Kevin Smith On The Deeply Personal ‘Clerks 3’ Plot

Although he’s been promising to wrap up his two-decade-long Clerks franchise for years, Kevin Smith is getting serious about it this time. Not only are all deals in place for Clerks 3, but the narrative he’s chosen is also pretty serious as he’s drawing upon his own recent health issues.

For those who don’t know, Smith has really turned his life around from a health standpoint after suffering a recent heart attack. You can just look at him and see the physical changes between now and his early career. It’s through his health problems that Smith gained a renewed focus on his career and a return to the View Askew characters he’s always loved. So we’ve got the upcoming Jay and Silent Bob Reboot, and now Clerks 3, the latter drawing from Smith’s own life-and-death situation…

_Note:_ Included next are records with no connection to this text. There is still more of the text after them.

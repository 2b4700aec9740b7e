//! The world of a script: nine nodes, and the directory that their sessions go by.
ghost use Rattle.std.specs.Prelude.{◌≡◌, ◌≢◌, ◌<◌, [], ◌∷◌, ◌++◌, map, length, Ok, IfOk, IfErr, OnOk};
ghost use Rattle.std.specs.Prelude.{false};
ghost use Rattle.byte_text.specs.Writes.{Writes};
ghost use Rattle.change_lines.specs.ChangeLine.{read_change};
ghost use Rattle.client_session.specs.declared.stage.Stage.TheVariants.{Registered};
ghost use Rattle.bnc_server.specs.Command as commands;
ghost use Rattle.bnc_server.specs.Request.{of_change, of_client, over_long, is_change_line, request_in};
ghost use Rattle.bnc_server.specs.Links.{new_node};
ghost use Rattle.bnc_server.specs.World as worlds;
ghost use Rattle.bnc_server.specs.Script as spec;
ghost use Rattle.bnc_server.specs.Schedule.{node_count, ArePlaces};
ghost use Rattle.bnc_server.specs.HeldNode.{held_node, held_world, value_of, HasNodes};
ghost use Rattle.bnc_server.specs.HeldNode.{WritesTextOf, Becomes, EndsBy, IsFaultOf};
ghost use Rattle.bnc_server.specs.Faults.{MayRefuse, MayStopSending, MayEnd, MayEndCommand, greatest_incarnation};

use crate::command::{NodeCommand, command_of};
use crate::fault::ReplayFault;
use crate::node::{Node, all_hear, lives_of, push};
use crate::reply::{put_bad_field, put_bad_form, put_link_fault};
use byte_text::{NoMemory, Text, begins_with};
use chat_change::{Buffer, Change, Extent};
use chat_query::{Facts, Identity};
use client_session::{ConfiguredAccount, Directory, Entry, Network};
use gossip_delta::{ChangeLineFault, is_text, read_change_in};
use gossip_link::{Ack, Life, LinkFault, NodeName};
use irc_caps::CapSet;
use std::alloc::Global;
use std::io::Write;
use std::marker::Model;

/// The world of a script.
#[derive(Drop)]
pub(crate) struct World {
    directory: Directory,
    // of each new session
    facts: Facts,
    nodes: Vec<Node>,
    // the place of the node that the client talks to
    selected: usize,
    // the buffer of the latest change that was read
    latest: Option<Buffer>,
}

impl Model for World {
    ghost use Rattle.std.specs.Coded.{codes};
    ghost use Rattle.chat_history.specs.Codes.{coded_state};
    ghost use Rattle.bnc_server.specs.Schedule.{node_count};
    ghost use Rattle.bnc_server.specs.HeldNode.{HeldWorld};
    ghost use Rattle.std.specs.Prelude.{◌≡◌, ◌<◌, length};

    ghost Value = { HeldWorld };

    ghost coded = { Prim.hlevel (codes, coded_state) };

    ghost view = { λ w. record {
      directory = w.directory;
      facts = w.facts;
      nodes = w.nodes.items;
      selected = w.selected;
    } };

    ghost invariant = { λ w. (length w.nodes.items ≡ node_count) × (w.selected < node_count) };
}

// A network that isn't up.
fn network_of(alloc: Global, network: &[u8], nick: &[u8]) -> Result<Network, NoMemory>
    ensures { IfOk result (λ made. made ≡ record {
      name = network.now;
      entry = record { is_up = false; nick = nick.now; channels = []; takes_redact = false };
    }) }
{
    let name = Text::new(alloc, network)?;
    let nick = Text::new(alloc, nick)?;
    let entry = Entry::new(false, nick, Vec::new(alloc), false);
    Ok(Network::new(name, entry))
}

// An account of that name without a secret, with its one network, which isn't up.
fn account_of(
    alloc: Global,
    account: &[u8],
    network: &[u8],
    nick: &[u8],
) -> Result<ConfiguredAccount, NoMemory>
    ensures { IfOk result (λ made. made ∷ [] ≡ spec.directory_of account.now network.now nick.now) }
{
    let name = Text::new(alloc, account)?;
    let mut made = ConfiguredAccount::new(alloc, name, Text::of(Vec::new(alloc)));
    let network = network_of(alloc, network, nick)?;
    made.add(network)?;
    Ok(made)
}

// The one account with its one network.
fn directory_of(
    alloc: Global,
    account: &[u8],
    network: &[u8],
    nick: &[u8],
) -> Result<Directory, NoMemory>
    ensures { IfOk result
        (λ directory. directory ≡ spec.directory_of account.now network.now nick.now) }
{
    let account = account_of(alloc, account, network, nick)?;
    let mut directory = Directory::new(alloc);
    directory.add(account)?;
    Ok(directory)
}

// The facts of a session that holds all capabilities.
fn facts_of(alloc: Global, account: &[u8], network: &[u8], nick: &[u8]) -> Result<Facts, NoMemory>
    ensures { IfOk result
        (λ facts. facts ≡ spec.facts_of account.now network.now nick.now) }
{
    let identity = Identity {
        account,
        network,
        nick,
    };
    Facts::new(alloc, identity, CapSet::all(), b"bnc.example", 100)
}

fn copy_of(alloc: Global, facts: &Facts) -> Result<Facts, NoMemory>
    ensures { IfOk result (λ copy. copy ≡ facts.now) }
{
    let identity = Identity {
        account: facts.account.as_bytes(),
        network: facts.network.as_bytes(),
        nick: facts.nick.as_bytes(),
    };
    let cluster = facts.cluster.as_bytes();
    let mut copy = Facts::new(alloc, identity, facts.caps, cluster, facts.maximum)?;
    copy.reference = facts.reference;
    Ok(copy)
}

fn first_life(alloc: Global, name: &[u8]) -> Result<Life, NoMemory>
    ensures { IfOk result (λ life. life ≡ record { node = name.now; incarnation = 1 }) }
{
    match NodeName::new(alloc, name) {
        Ok(name) => Ok(Life::new(name, 1)),
        Err(_) => Err(NoMemory),
    }
}

// One life more, of the node of that name.
fn push_life(alloc: Global, lives: &mut Vec<Life>, name: &[u8]) -> Result<(), NoMemory>
    ensures { IfOk result (λ _. lives.new.items
        ≡ lives.old.items ++ record { node = name.now; incarnation = 1 } ∷ []) }
{
    let life = first_life(alloc, name)?;
    push(lives, life)
}

fn first_lives(alloc: Global) -> Result<Vec<Life>, NoMemory>
    ensures { IfOk result (λ lives. lives.items ≡ spec.first_lives) }
{
    let mut lives = Vec::new(alloc);
    push_life(alloc, &mut lives, b"n1")?;
    push_life(alloc, &mut lives, b"n2")?;
    push_life(alloc, &mut lives, b"n3")?;
    push_life(alloc, &mut lives, b"n4")?;
    push_life(alloc, &mut lives, b"n5")?;
    push_life(alloc, &mut lives, b"n6")?;
    push_life(alloc, &mut lives, b"n7")?;
    push_life(alloc, &mut lives, b"n8")?;
    push_life(alloc, &mut lives, b"n9")?;
    Ok(lives)
}

// A node in each of those lives.
fn first_nodes(alloc: Global, facts: &Facts, lives: &[Life]) -> Result<Vec<Node>, NoMemory>
    requires { length lives.now ≡ node_count }
    ensures { IfOk result (λ nodes. nodes.items ≡ map held_node
        (map (λ life. new_node (Registered facts.now) life lives.now spec.none_late) lives.now)) }
{
    let mut nodes = Vec::new(alloc);
    for life in lives {
        let node = Node::new(alloc, copy_of(alloc, facts)?, life, lives)?;
        push(&mut nodes, node)?;
    }
    Ok(nodes)
}

// Nine nodes in their first lives. Each has heard of all.
fn nine_nodes(alloc: Global, facts: &Facts) -> Result<Vec<Node>, NoMemory>
    ensures { IfOk result (λ nodes. nodes.items ≡ map held_node
        (map (spec.first_node (Registered facts.now)) spec.first_lives)) }
{
    let lives = first_lives(alloc)?;
    first_nodes(alloc, facts, &lives)
}

fn is_change_line(text: &[u8]) -> bool
    ensures { result ≡ is_change_line text.now }
{
    let n = text.len().min(2);
    is_text(&text[..n], b"C ")
}

// Tells how an acknowledgement was refused, if it was.
fn put_answer<W: Write>(answer: Result<(), LinkFault>, writer: &mut W) -> Result<(), ReplayFault>
    ensures text { Writes W.contents writer.old writer.new result (worlds.ack_text answer) }
    ensures fault { IfErr result
        (λ fault. (fault ≡ ReplayFault.Write) × (worlds.ack_text answer ≢ [])) }
{
    match answer {
        Ok(()) => Ok(()),
        Err(fault) => put_link_fault(writer, fault),
    }
}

“Randal has a heart attack, decides that he came so close to death, and his life has meant nothing, there’s nobody to memorialize him, he has no family or anything like that,” Smith told TheWrap. “And in the recovery, while under fentanyl, he comes to the conclusion at mid-life, having almost died, having worked in a movie store his whole life and watched other people’s movies, he tells Dante, I think we need to make a movie. So Dante and Randal make ‘Clerks.’ That’s the story of ‘Clerks 3.’”

The film will find Dante and Randal shooting a movie based on their own lives and the people who frequent the Quick Stop. Of course, that means Smith gets to be even more meta by bringing Jay and Silent Bob back into the picture…

“I get to do that same fucking movie and scene in the movie,” he said. “I get to relive everything and put it into the hands of Dante and Randal. So it’s funny and poignant, but it’s more funny than anything else.”


I love it. Smith’s a few years older than me, and we don’t come close to having the same upbringing, but his Clerks films have always arrived at times when his characters were going through things I could relate to. It’s one of the reasons Smith will always be among my favorite directors, even when he rips into me on his podcast for hating Yoga Hosers.  When Smith can make light of deeply personal material he’s at his best, and I can’t wait to see him do it again.